First with his Porsche at the wee hours, now with a " Hammer "
in the wee hours....

The fact that they ( FBI, Capital Police, SFPD ) attempted to cover this up is even worse than the
TRUTH, This is a trifecta on the DNC.

1. Pedo/Dementia Biden
2. Kamala " Salad Bowl/Willie Brown around " Harris
3. Pelosi and her DUI/Keistering Husband

That's all three in line for the Presidential Office.

That's like the ...

1. Pilot
2. Co-pilot
3. ( And ) The Navigator on an overseas flight....

Completely phucked.....

Oh, and for the last kick in the crotch....no oxygen in the system
for the facemasks.
AKA....( No more oil in the Strategic Oil Reserves )
Because Biden sold it to China, Yes he did that !!!!!


----------



## espola (Oct 29, 2022)

The latest from a reliable source --









						Nancy Pelosi husband attack: Who is David DePape, suspected Paul Pelosi assailant?
					

David DePape, a 42-year-old from Berkeley, California, is accused of breaking into House Speaker Nancy Pelosi's home and beating her husband with a hammer.




					www.foxnews.com


----------



## pewpew (Oct 29, 2022)

espola said:


> The latest from a reliable source --
> 
> 
> 
> ...


I'm no detective but I find it kind of odd that there's a bunch of broken glass on the **outside** of the house in that picture. How does that
happen when someone is trying to break **in** ??


----------



## pewpew (Oct 29, 2022)

thirteenknots said:


> You are the forum " Nancy ".


I thought it was "Karen"


----------



## pewpew (Oct 29, 2022)

It's also great to hear how concerned everyone is with the safety and well-being of our legislators. Yet when members of SCOTUS were threatened with great bodily harm by "armed assailants" it was dismissed since they were conservative members of the court.


----------



## crush (Oct 29, 2022)




----------



## espola (Oct 29, 2022)

pewpew said:


> It's also great to hear how concerned everyone is with the safety and well-being of our legislators. Yet when members of SCOTUS were threatened with great bodily harm by "armed assailants" it was dismissed since they were conservative members of the court.


Dismissed?


----------



## crush (Oct 30, 2022)

espola said:


> Dismissed?


Elon is fact checking HRC's Twit about this case. She said it was some Qanon crazy dude. Their is no Qanon btw. It's Q and then the Anons. It's Hammer time. The Truth will be exposed. 

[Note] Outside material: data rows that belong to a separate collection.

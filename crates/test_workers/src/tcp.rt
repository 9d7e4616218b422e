use crate::running::{is_page, play};
use crate::same::same;
use batches::Request;
use client_service::{Accepted, Admission, Closed, Door, Unserved, accept_sessions};
use std::alloc::Global;
use std::io::{self, Read, Write};
use std::net::{Net, Shutdown, SocketAddr, TcpListener, TcpStream};
use std::process::Abort;
use std::sync::Wait;
use std::thread::{self, JoinHandle, Threads};
use std::time::Clock;
use transports::Listener;
use workers::{Ask, AskChannel, AskReceiver, Spins};
use world_actions::Refusal;

mod opening;

const BATCHES: &[u8] = b"set 0 5\nend\nget 0\nend\nend\nset 0 1\n";

const FAULTS: &[u8] = b"fault 6\nfault 12\nfault 21\n";

// Ignores each report.
#[derive(Clone, Copy)]
struct Nobody;

impl Door for Nobody {
    fn opened(&mut self) {}

    fn session_refused(&mut self, _why: Unserved) {}

    fn shortage_began(&mut self, _error: &io::Error) {}

    fn shortage_ended(&mut self) {}

    fn listener_failed(&mut self, _error: &io::Error) {}

    fn closed(&mut self) {}

    fn is_left(&self) -> bool {
        false
    }
}

// Refuses a batch, or drops one that begins with a read.
fn refuse<R: Wait>(rt: &R, ask: Ask) {
    let refusal = match ask.batch().requests().first() {
        Some(Request::Get(_)) => return,
        Some(_) => Refusal::SegmentFull,
        None => Refusal::TicksEnded,
    };
    ask.refuse(rt, refusal);
}

// Takes the place of the workers. It refuses or drops each batch, and counts them.
fn refuse_all<R: Wait>(rt: &R, asks: AskReceiver) -> u64 {
    let mut asks = asks;
    let mut count = 0u64;
    for _ in rt.forever() {
        let Some(ask) = asks.next(rt) else {
            break;
        };
        refuse(rt, ask);
        count = count.saturating_add(1);
    }
    count
}

fn start_refusing<R: Threads + Wait + Abort + Copy + Send + 'static>(
    rt: &R,
    asks: AskReceiver,
) -> JoinHandle<u64> {
    let here = *rt;
    match thread::spawn(rt, move || refuse_all(&here, asks)) {
        Ok(worker) => worker,
        Err(_) => panic!(rt; "no thread"),
    }
}

// A session whose batches are refused.
fn try_refusals<R: Threads + Wait + Abort + Copy + Send + 'static>(rt: &R, alloc: Global) {
    let (asks, asked) = AskChannel::open(alloc).expect(rt, "a channel");
    let worker = start_refusing(rt, asked);
    let page = play(rt, alloc, asks, BATCHES);
    is_page(rt, &page, FAULTS);
    same(rt, "batches that are refused", worker.join(rt), 3);
}

#[test]
fn answers_each_batch_of_a_session(rt: HostRuntime) {
    try_refusals(&rt, rt.alloc());
}

#[test]
fn reports_workers_that_are_gone(rt: HostRuntime) {
    let (asks, asked) = AskChannel::open(rt.alloc()).expect(&rt, "a channel");
    drop(asked);
    let page = play(&rt, rt.alloc(), asks, BATCHES);
    is_page(&rt, &page, b"fault 12\nfault 12\nfault 12\n");
}

// Writes all the input at once, and takes the answer to its end.
fn talk(stream: &mut TcpStream, input: &[u8], page: &mut Vec<u8>) -> io::Result<()> {
    stream.write_all(input)?;
    stream.shutdown(Shutdown::Write)?;
    stream.read_to_end(page)?;
    Ok(())
}

/// Asserts that a client that writes this input gets this text.
pub fn try_client<R: Net<Stream = TcpStream> + Abort>(
    rt: &R,
    alloc: Global,
    to: SocketAddr,
    input: &[u8],
    text: &[u8],
) {
    let mut stream = TcpStream::connect(rt, to).expect(rt, "a connection");
    let mut page = Vec::new(alloc);
    talk(&mut stream, input, &mut page).expect(rt, "an answer");
    same(rt, "what a client is answered", page.as_slice(), text);
}

fn start_accepting<R: Threads + Wait + Clock + Abort + Copy + Send + 'static>(
    rt: &R,
    alloc: Global,
    listener: Listener,
    asks: AskChannel,
) -> JoinHandle<Accepted> {
    let here = *rt;
    let spins = Spins::new(alloc, 1).expect(rt, "a count");
    let accept = move || accept_sessions(&here, alloc, listener, THREE, asks, spins, Nobody);
    match thread::spawn(rt, accept) {
        Ok(server) => server,
        Err(_) => panic!(rt; "no thread"),
    }
}

const THREE: Admission = Admission {
    clients: 3,
    idle: None,
};

// All clients came, and each had a session, which was joined.
fn all_were_served(rt: &impl Abort, accepted: &Accepted) {
    same(rt, "connections", accepted.connections, 3);
    same(rt, "sessions", accepted.sessions.count(), 3);
    same(rt, "unserved", accepted.unserved, 0);
    let all_came = matches!(accepted.closed, Closed::AllCame);
    same(rt, "whether all came", all_came, true);
}

fn try_port<R: Net<Stream = TcpStream> + Threads + Wait + Clock + Abort + Copy + Send + 'static>(
    rt: &R,
    alloc: Global,
    listener: TcpListener,
) {
    let to = listener.local_addr().expect(rt, "an address");
    let (asks, asked) = AskChannel::open(alloc).expect(rt, "a channel");
    let worker = start_refusing(rt, asked);
    let server = start_accepting(rt, alloc, Listener::Tcp(listener), asks);
    try_client(rt, alloc, to, b"set 0", b"");
    for _ in 0..2 {
        try_client(rt, alloc, to, BATCHES, FAULTS);
    }
    all_were_served(rt, &server.join(rt));
    same(rt, "batches that are refused", worker.join(rt), 6);
}

#[test]
fn serves_clients_of_a_port(rt: HostRuntime) {
    let listener = TcpListener::bind(&rt, "127.0.0.1:0").expect(&rt, "a port");
    try_port(&rt, rt.alloc(), listener);
}
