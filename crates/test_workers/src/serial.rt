//! Workers that take their turns in one thread.
ghost use Rattle.std.specs.Prelude.{◌≡◌, ◌≤◌, ◌∷◌, [], false};
ghost use Rattle.world_ticks.specs.declared.tick.TheConstants.{TICK_MAX};
ghost use Rattle.workers.specs.declared.item.Item.TheVariants.{Start};
ghost use Rattle.workers.specs.Logging.{IsAtRest};
ghost use Rattle.worker_steps.specs.Begun.{IsWhole};
ghost use Rattle.worker_threads.specs.Kept.{MayTake};

use crate::held::Held;
use crate::same::same;
use crate::worlds::{new_files, open_files, stands_in};
use batches::{Batch, Request};
use crossbeam_channel::{Receiver, Sender, bounded};
use disk_model::{Disk, ModelFile};
use shared_capture::{Method, Pong, SignalIn, SignalOut, Zig, signal_pair};
use std::alloc::Global;
use std::process::Abort;
use std::sync::atomic::{AtomicU64, Ordering};
use std::sync::{Arc, Wait};
use worker_steps::Opened;
use workers::{
    AskChannel, AskReceiver, Asker, AwaitedReply, Checkpointer, ItemReceiver, ItemSender,
    LogWriter, Mutator, Open, Reply, ReplySlot, open,
};
use world_actions::Action;

/// The workers of a world.
#[derive(Drop)]
pub struct Serial<M: Method, D: Disk + Drop> {
    pub mutator: Mutator<M, Open>,
    pub log_writer: LogWriter<D, Open>,
    pub checkpointer: Checkpointer<M, D, Held>,
}

// The signals between the workers beside the items: the bell, and the word that says that
// the log is down.
#[derive(Drop)]
struct Signals {
    bell: Sender<()>,
    rung: Receiver<()>,
    reported_down: SignalOut,
    heard: SignalIn,
}

fn new_signals(rt: &impl Abort, alloc: Global) -> Signals
    ensures { result.reported_down.numbers ≡ [] }
{
    let (bell, rung) = bounded(alloc, 1).expect(rt, "a channel");
    let (reported_down, heard) = signal_pair(alloc).expect(rt, "a word");
    Signals {
        bell,
        rung,
        reported_down,
        heard,
    }
}

// The ends of the items' channel and those of the word of open images.
#[derive(Drop)]
struct Channel {
    to: ItemSender,
    from: ItemReceiver,
    out: SignalOut,
    reported: SignalIn,
}

fn new_channel(rt: &(impl Wait + Abort), alloc: Global, ended: u64) -> Channel
    requires { ended ≤ TICK_MAX }
    ensures to { result.to.items ≡ Start ended ∷ [] }
    ensures pushes { result.to.refused ≡ false }
    ensures from { result.from.items ≡ Start ended ∷ [] }
    ensures out { result.out.numbers ≡ [] }
{
    let (out, reported) = signal_pair(alloc).expect(rt, "a word");
    let (to, from) = open(rt, alloc, ended).expect(rt, "a channel");
    Channel {
        to,
        from,
        out,
        reported,
    }
}

/// The workers of this world, which take these asks. An image of it is due after each tick.
pub fn begin<M: Method, D: Disk + Drop>(
    rt: &(impl Wait + Abort),
    alloc: Global,
    asks: AskReceiver,
    opened: Opened<M, D>,
    held: Held,
) -> Serial<M, D>
    requires { IsWhole D.Disk opened }
    ensures rest { IsAtRest result.log_writer }
    ensures takes { MayTake result.checkpointer }
{
    let signals = new_signals(rt, alloc);
    let channel = new_channel(rt, alloc, opened.ended);
    joined(rt, alloc, asks, opened, held, signals, channel)
}

fn joined<M: Method, D: Disk + Drop>(
    rt: &impl Abort,
    alloc: Global,
    asks: AskReceiver,
    opened: Opened<M, D>,
    held: Held,
    signals: Signals,
    channel: Channel,
) -> Serial<M, D>
    requires whole { IsWhole D.Disk opened }
    requires to { channel.to.items ≡ Start opened.ended ∷ [] }
    requires pushes { channel.to.refused ≡ false }
    requires from { channel.from.items ≡ Start opened.ended ∷ [] }
    requires out { channel.out.numbers ≡ [] }
    requires unreported { signals.reported_down.numbers ≡ [] }
    ensures rest { IsAtRest result.log_writer }
    ensures takes { MayTake result.checkpointer }
{
    let Opened {
        front,
        back,
        images,
        log,
        ended,
    } = opened;
    let Signals {
        bell,
        rung,
        reported_down,
        heard,
    } = signals;
    let Channel {
        to,
        from,
        out,
        reported,
    } = channel;
    let mutator = Mutator::new(Open, alloc, asks, front, to, ended, 1, bell, heard);
    let checkpointer = Checkpointer::new(held, back, out, images, rung);
    let log_writer = LogWriter::new(alloc, Open, from, reported, log, reported_down, ended)
        .ok()
        .expect(rt, "memory");
    Serial {
        mutator,
        log_writer,
        checkpointer,
    }
}

/// The only session of a channel, and the end that takes its asks.
pub fn new_session(rt: &impl Abort, alloc: Global) -> (Asker, AskReceiver) {
    let (mut asks, asked) = AskChannel::open(alloc).expect(rt, "a channel");
    (asks.session().expect(rt, "a session"), asked)
}

/// Lets a session ask for a batch that adds 1 to the first cell and reads it. The mutator runs it.
/// Its answer comes later.
pub fn send<M: Method>(
    rt: &(impl Wait + Abort),
    alloc: Global,
    asker: &mut Asker,
    mutator: &mut Mutator<M, Open>,
) -> AwaitedReply {
    let awaited = ask(rt, alloc, asker, 1);
    let played = mutator.turn(rt).expect(rt, "an ask");
    assert!(rt; played.is_ok());
    awaited
}

/// Lets a session ask for a batch that adds this to the first cell and reads it. Returns the
/// place of its reply.
pub fn ask(rt: &(impl Wait + Abort), alloc: Global, asker: &mut Asker, by: i64) -> AwaitedReply {
    let mut batch = Batch::new(alloc).expect(rt, "a batch");
    batch.push_reserved(Request::Act(Action::Add { cell: 0, by }));
    batch.push_reserved(Request::Get(0));
    let slot = ReplySlot::new(alloc).expect(rt, "a slot");
    let (awaited, to) = slot.ask().expect(rt, "a sender");
    assert!(rt; asker.send(rt, batch, Vec::new(alloc), to).is_ok());
    awaited
}

/// Lets the log writer take a turn, which logs the played ticks.
pub fn log_on<D: Disk + Drop>(rt: &(impl Wait + Abort), log_writer: &mut LogWriter<D, Open>)
    requires { IsAtRest log_writer.old }
    ensures { IsAtRest log_writer.new }
{
    assert!(rt; !log_writer.is_over());
    log_writer.turn(rt);
}

// Runs and logs a batch, whose answer is a post of this text.
fn answer<M: Method>(
    rt: &(impl Wait + Abort),
    alloc: Global,
    asker: &mut Asker,
    world: &mut Serial<M, ModelFile>,
    text: &[u8],
)
    requires rest { IsAtRest world.old.log_writer }
    ensures rest { IsAtRest world.new.log_writer }
    ensures checkpointer { world.new.checkpointer ≡ world.old.checkpointer }
{
    let awaited = send(rt, alloc, asker, &mut world.mutator);
    log_on(rt, &mut world.log_writer);
    is_posted(rt, awaited, text);
}

/// The answer is a post of this text.
pub fn is_posted(rt: &(impl Wait + Abort), awaited: AwaitedReply, text: &[u8]) {
    let (reply, _slot) = awaited.wait(rt, 0);
    match reply {
        Some(Reply::Post(post)) => same(rt, "a post", post.into_answer().0.as_slice(), text),
        _ => panic!(rt; "no post"),
    }
}

// The checkpointer is held for good, so its round stays open.
fn is_stuck<M: Method>(
    rt: &(impl Wait + Abort),
    checkpointer: &mut Checkpointer<M, ModelFile, Held>,
)
    requires { MayTake checkpointer.old }
{
    assert!(rt; !checkpointer.is_over());
    same(rt, "an image that is opened", checkpointer.turn(rt), None);
    let stops = (checkpointer.is_over(), checkpointer.is_down());
    same(rt, "it is over, and down", stops, (true, false));
}

// Begins the workers of a new world, whose checkpointer is held.
fn begin_held<M: Method>(
    rt: &(impl Wait + Abort),
    alloc: Global,
    asks: AskReceiver,
    answered: &Arc<AtomicU64, Global>,
) -> Serial<M, ModelFile>
    ensures rest { IsAtRest result.log_writer }
    ensures takes { MayTake result.checkpointer }
{
    let held = Held::until(answered.clone().expect(rt, "a share"));
    let opened = open_files::<M, ModelFile>(rt, alloc, new_files(rt, alloc, 2));
    begin(rt, alloc, asks, opened, held)
}

fn play_round<M: Method>(
    rt: &(impl Wait + Abort),
    alloc: Global,
    asker: &mut Asker,
    world: &mut Serial<M, ModelFile>,
    answered: &AtomicU64,
)
    requires rest { IsAtRest world.old.log_writer }
    requires takes { MayTake world.old.checkpointer }
{
    answer(rt, alloc, asker, world, b"tick 1: + =1\n");
    answered.fetch_add(1, Ordering::SeqCst);
    is_stuck(rt, &mut world.checkpointer);
    answer(rt, alloc, asker, world, b"tick 2: + =2\n");
    let (images, log) = (world.checkpointer.images(), world.log_writer.log());
    let found = stands_in(rt, alloc, images, log);
    same(rt, "what stands", found, (2, 0, 2));
}

fn try_serial_round<M: Method>(rt: &(impl Wait + Abort), alloc: Global) {
    let answered = Arc::new(alloc, AtomicU64::new(0)).expect(rt, "a count");
    let (mut asker, asks) = new_session(rt, alloc);
    let mut world = begin_held::<M>(rt, alloc, asks, &answered);
    play_round(rt, alloc, &mut asker, &mut world, &answered);
    drop(world);
    drop(asker);
}

#[test]
fn serial_rounds_are_stuck(rt: HostRuntime) {
    try_serial_round::<Zig>(&rt, rt.alloc());
    try_serial_round::<Pong>(&rt, rt.alloc());
}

						M.C. Hammer - U Can't Touch This
					

The song is by M.C. Hammer - U Can't Touch This




					rumble.com


----------



## crush (Oct 30, 2022)




----------



## crush (Oct 30, 2022)




----------



## pewpew (Oct 30, 2022)

espola said:


> Dismissed?


That's a response I would've expected from your partner @Hüsker Dü 
If you can't keep up with the conversation it's best not to get involved.


----------



## espola (Oct 31, 2022)

pewpew said:


> That's a response I would've expected from your partner @Hüsker Dü
> If you can't keep up with the conversation it's best not to get involved.











						Merrick Garland says threats against Supreme Court justices are taken 'extraordinarily seriously' | CNN Politics
					

Attorney General Merrick Garland said Wednesday that the Justice Department takes threats against Supreme Court justices "extraordinarily seriously" as he voiced support for a bill that extends security protections to justices' immediate family members.




					www.cnn.com


----------



## espola (Oct 31, 2022)

espola said:


> Merrick Garland says threats against Supreme Court justices are taken 'extraordinarily seriously' | CNN Politics
> 
> 
> Attorney General Merrick Garland said Wednesday that the Justice Department takes threats against Supreme Court justices "extraordinarily seriously" as he voiced support for a bill that extends security protections to justices' immediate family members.
> ...


As expected, baldref thinks political crimes are funny.


----------



## espola (Oct 31, 2022)

Charlie Kirk (I don't know who he is, but he has a "Show") is calling for some wingnut hero to go bail out the Pelosi burglar, apparently missing the fact that the criminal is being held without bail.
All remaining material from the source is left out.